Failure is inevitable. Suck it up. My first few cups of coffee were, well, pretty putrid. Did I drink ‘em? Well, mostly (unless they were really, really bad). Those beans are over $30 a pound. I felt terrible wasting all that money. Besides, I wanted to get a sense of what I was doing wrong and how the taste would change as I learned how to do it right. I didn’t really get all caught up in feeling like a failure. I just took each try as a learning opportunity – even if the end result wasn’t great.

It takes time. Making a cup of coffee with a cappuccino machine does not happen instantly. The machine must be turned on and warm up first. Then you grind the beans. (You must have freshly ground beans, of course.) Then you make your coffee. Then you steam your milk. If you’re about to fly out the door in a hurry, you’re not going to get a nice coffee. Preparations are key to making a delicious coffee, no matter how bleary-eyed you are.

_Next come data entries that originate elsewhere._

//! Layers whose values are added at once, beside the same whose values are added one by one.
use crate::expect::expect_eq;
use mvt_attrs::Value;
use mvt_base::Text;
use mvt_feature::Scratch;
use mvt_geometry::Kind;
use mvt_message::*;
use mvt_wire::PackedNumbers;
use std::alloc::{AllocError, Global};

// How the values of a layer are added.
#[derive(Clone, Copy, Drop)]
enum Way {
    OneByOne,
    All,
}

// So many values, of which so many are different.
fn values(alloc: Global, size: u8, different: u8) -> Result<Vec<Value>, AllocError> {
    let mut values = Vec::new(alloc);
    for index in 0..size {
        let number = index % different.max(1);
        if number % 2 == 0 {
            values.push(Value::Uint(u64::from(number)))?;
        } else {
            let text = format!(in alloc; "a value of some length {number}")?;
            values.push(Value::Text(Text::from_string(text)?))?;
        }
    }
    Ok(values)
}

fn add<'a>(
    alloc: Global,
    writer: &mut LayerWriter<'a>,
    values: &'a [Value],
    way: Way,
) -> Result<(), AllocError> {
    let mut all = Vec::new(alloc);
    for value in values {
        match way {
            Way::OneByOne => writer.take_values(vec![in alloc; value.lent()]?)?,
            Way::All => all.push(value.lent())?,
        }
    }
    writer.take_values(all)
}

// The integers of the point (25,17).
fn drawing(alloc: Global) -> Result<PackedNumbers, AllocError> {
    let mut integers = PackedNumbers::new(alloc);
    for integer in [9, 50, 34] {
        integers.push(integer)?;
    }
    Ok(integers)
}

// The payload of a layer with one key and so many values, whose features use these.
fn payload(
    alloc: Global,
    size: u8,
    different: u8,
    used: &[u32],
    way: Way,
) -> Result<Option<Vec<u8>>, AllocError> {
    let integers = drawing(alloc)?;
    let values = values(alloc, size, different)?;
    let mut writer = LayerWriter::new(alloc);
    add(alloc, &mut writer, &values, way)?;
    writer.add_keys(&["key"])?;
    let mut scratch = Scratch::new(alloc);
    for value in used {
        let tags = [0, *value];
        writer.add_drawn_feature(None, &tags, Kind::Point, &integers, &mut scratch)?;
    }
    writer.payload(alloc, "layer", 4096)
}

// The length of the payload of so many values, where all ways make the same one.
fn length_in_all_ways(alloc: Global, size: u8, different: u8, used: &[u32]) -> Option<usize> {
    let one = payload(alloc, size, different, used, Way::OneByOne).ok()??;
    let all = payload(alloc, size, different, used, Way::All).ok()??;
    if one == all { Some(one.len()) } else { None }
}

// How many values there are, how many of them are different, and how long the payload is: version
// and name take 9 bytes, each of the five features 13, key and extent 8, and each value that is
// used 4, or 4 more than its text.
const CASES: [(u8, u8, usize); 6] = [
    (7, 7, 118),
    (8, 7, 118),
    (9, 9, 122),
    (9, 8, 118),
    (40, 3, 114),
    (100, 100, 147),
];

#[test]
fn layers_are_the_same_in_all_ways(rt: HostRuntime) {
    for (size, different, length) in CASES {
        let used = [6, 0, 1, u32::from(size).saturating_sub(1), 6];
        let found = length_in_all_ways(rt.alloc(), size, different, &used);
        expect_eq!(rt; found, Some(length), "of {size}, {different} different");
    }
}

Clean up is important. Besides the fact that coffee grounds seem to get everywhere unless you brush them into the garbage right way, there’s more. If you don’t clean the wand that produces the foamed milk, then all the milk dries inside it clogging it. Once it gets clogged enough, you can’t use it any more. It’s the same in marketing. Following up with contacts, cleaning up after an open house or a trade fair, keeping your database up to date, cleaning out your filing cabinets. These are all good ways to follow up on your marketing and management. If not, at some point, you’ll realize that your whole system is clogged up with unfinished “stuff” because you never followed through.

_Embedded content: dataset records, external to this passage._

//! Layers that are canonical as they stand, beside the same made canonical field by field.
use super::copying::{FEW_VALUES, MANY_VALUES, changed};
use crate::expect::expect;
use mvt_feature::FeatureFields;
use mvt_geometry::{GeometryVisitor, Kind, Point, Ring};
use mvt_message::*;
use std::alloc::{AllocError, Global};
use std::process::Abort;

// What was told of features: the id and the type of each, the points of all, how many points each
// part has, and of a ring whether it begins a polygon, twice its area and whether it is closed.
#[derive(Drop)]
struct Told {
    ids: Vec<Option<u64>>,
    kinds: Vec<Kind>,
    points: Vec<Point>,
    counts: Vec<usize>,
    rings: Vec<Option<(bool, i128, bool)>>,
    // How many points and parts the features have that ended.
    points_before: usize,
    parts_before: usize,
}

impl Told {
    fn new(alloc: Global) -> Self {
        Told {
            ids: Vec::new(alloc),
            kinds: Vec::new(alloc),
            points: Vec::new(alloc),
            counts: Vec::new(alloc),
            rings: Vec::new(alloc),
            points_before: 0,
            parts_before: 0,
        }
    }

    fn is(&self, other: &Told) -> bool {
        self.ids.as_slice() == other.ids.as_slice()
            && self.kinds.as_slice() == other.kinds.as_slice()
            && self.points.as_slice() == other.points.as_slice()
            && self.counts.as_slice() == other.counts.as_slice()
            && self.rings.as_slice() == other.rings.as_slice()
    }
}

impl GeometryVisitor for Told {
    ghost has_parts = { λ _ _ _ _. Unit {0} };

    ghost has_integers = { λ _ _ _. Unit {0} };

    ghost begins = { λ _. tt };

    fn visit_point(&mut self, point: Point) -> Result<(), AllocError> {
        self.points.push(point)?;
        Ok(())
    }

    fn end_part(&mut self, points: usize, ring: Option<Ring>) -> Result<(), AllocError> {
        self.counts.push(points)?;
        self.rings
            .push(ring.map(|r| (r.exterior, r.twice_area, r.is_closed)))?;
        Ok(())
    }

    fn visit_integers(&mut self, _: &[u32]) -> Result<(), AllocError> {
        Ok(())
    }
}

impl FeatureVisitor for Told {
    ghost has_features = { λ _ _ _. Unit {0} };

    fn begin_feature(&mut self) {
        self.points.truncate(self.points_before);
        self.counts.truncate(self.parts_before);
        self.rings.truncate(self.parts_before);
    }

    fn end_feature(&mut self, _: Global, known: &FeatureFields) -> Result<(), AllocError> {
        self.ids.push(known.id)?;
        self.kinds.push(known.kind)?;
        self.points_before = self.points.len();
        self.parts_before = self.counts.len();
        Ok(())
    }
}

// A short payload made canonical.
fn rewritten(alloc: Global, payload: &[u8]) -> Result<Rewritten<'_, Told>, MessageError> {
    if payload.len() > 1000 {
        return Err(MessageError::Memory);
    }
    let mut rewriter = LayerRewriter::new(alloc, Told::new(alloc), payload.len())?;
    let visited = visit_version_2(alloc, &mut rewriter, payload, 2, 0)?;
    Ok(rewriter.finish(visited))
}

// Whether a short payload is made canonical as it stands, by features that are told so.
fn is_rewritten_as(alloc: Global, payload: &[u8], told: &Told) -> bool {
    let mut out = Vec::new(alloc);
    match rewritten(alloc, payload) {
        Ok(Rewritten::Layer(layer)) => {
            layer.append_head(&mut out).is_ok()
                && out.extend_from_slice(layer.features()).is_ok()
                && layer.append_tail(&mut out).is_ok()
                && out.as_slice() == payload
                && layer.visitor.is(told)
        }
        Ok(Rewritten::Foreign(_)) => false,
        Err(_) => false,
    }
}

// The name of a layer that is canonical as it stands, and what was told of its features.
fn told_of<'a>(alloc: Global, payload: &'a [u8]) -> (Result<&'a str, Unsure>, Told) {
    let mut told = Told::new(alloc);
    if payload.len() > 1000 {
        return (Err(Unsure::Undecided), told);
    }
    let name = visit_canonical(alloc, &mut told, payload);
    (name, told)
}

// A payload that is said to be canonical is made so as it stands.
fn expect_said_rightly(rt: &(impl Abort + AllocGlobal), payload: &[u8]) {
    let (name, told) = told_of(rt.alloc(), payload);
    let is_right = name.is_err() || is_rewritten_as(rt.alloc(), payload, &told);
    drop(told);
    expect!(rt; is_right);
}

// The payload with the version, which stands last, in front.
fn turned(alloc: Global, payload: &[u8]) -> Result<Vec<u8>, AllocError> {
    let mut bytes = Vec::new(alloc);
    let (fields, version) = payload.split_at(payload.len().saturating_sub(2));
    bytes.extend_from_slice(version)?;
    bytes.extend_from_slice(fields)?;
    Ok(bytes)
}

// Whether a layer of this name was told to be canonical.
fn is_told(alloc: Global, payload: &[u8], name: &str) -> bool {
    let (found, told) = told_of(alloc, payload);
    match found {
        Ok(found) => found == name && is_rewritten_as(alloc, payload, &told),
        Err(_) => false,
    }
}

// Whether a payload isn't known to be canonical, though no rule is broken.
fn is_left_alone(alloc: Global, payload: &[u8]) -> bool {
    let (found, _) = told_of(alloc, payload);
    match found {
        Err(Unsure::Undecided) => true,
        _ => false,
    }
}

fn expect_canonical(rt: &(impl Abort + AllocGlobal), payload: &[u8], name: &str) {
    let is_other = is_left_alone(rt.alloc(), payload);
    expect!(rt; is_other);
    let bytes = turned(rt.alloc(), payload).expect(rt, "a payload");
    let is_right = is_told(rt.alloc(), &bytes, name);
    expect!(rt; is_right);
    for at in 0..bytes.len() {
        for way in 0..4u8 {
            let other = changed(rt.alloc(), &bytes, at, way).expect(rt, "a payload");
            expect_said_rightly(rt, &other);
            drop(other);
        }
    }
    drop(bytes);
}

#[test]
fn tells_canonical_layers_of_many_values(rt: HostRuntime) {
    expect_canonical(&rt, &MANY_VALUES, "roads");
}

#[test]
fn tells_canonical_layers_of_few_values(rt: HostRuntime) {
    expect_canonical(&rt, &FEW_VALUES, "b");
}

Take the time to enjoy the reward of all your hard work. Once you’ve put in your effort and cleaned up so you’re ready for next time, take a few minutes to sit back and enjoy. I only have one – maximum two – cups of coffee a day. I have learned that coffee is not for gulping. After I put in all that work, I want to sip on it slowly. It’s the same with marketing. Take the time to reward yourself and your staff for their efforts. Even if it’s not perfect, they’re learning how it all works. That is worth savouring.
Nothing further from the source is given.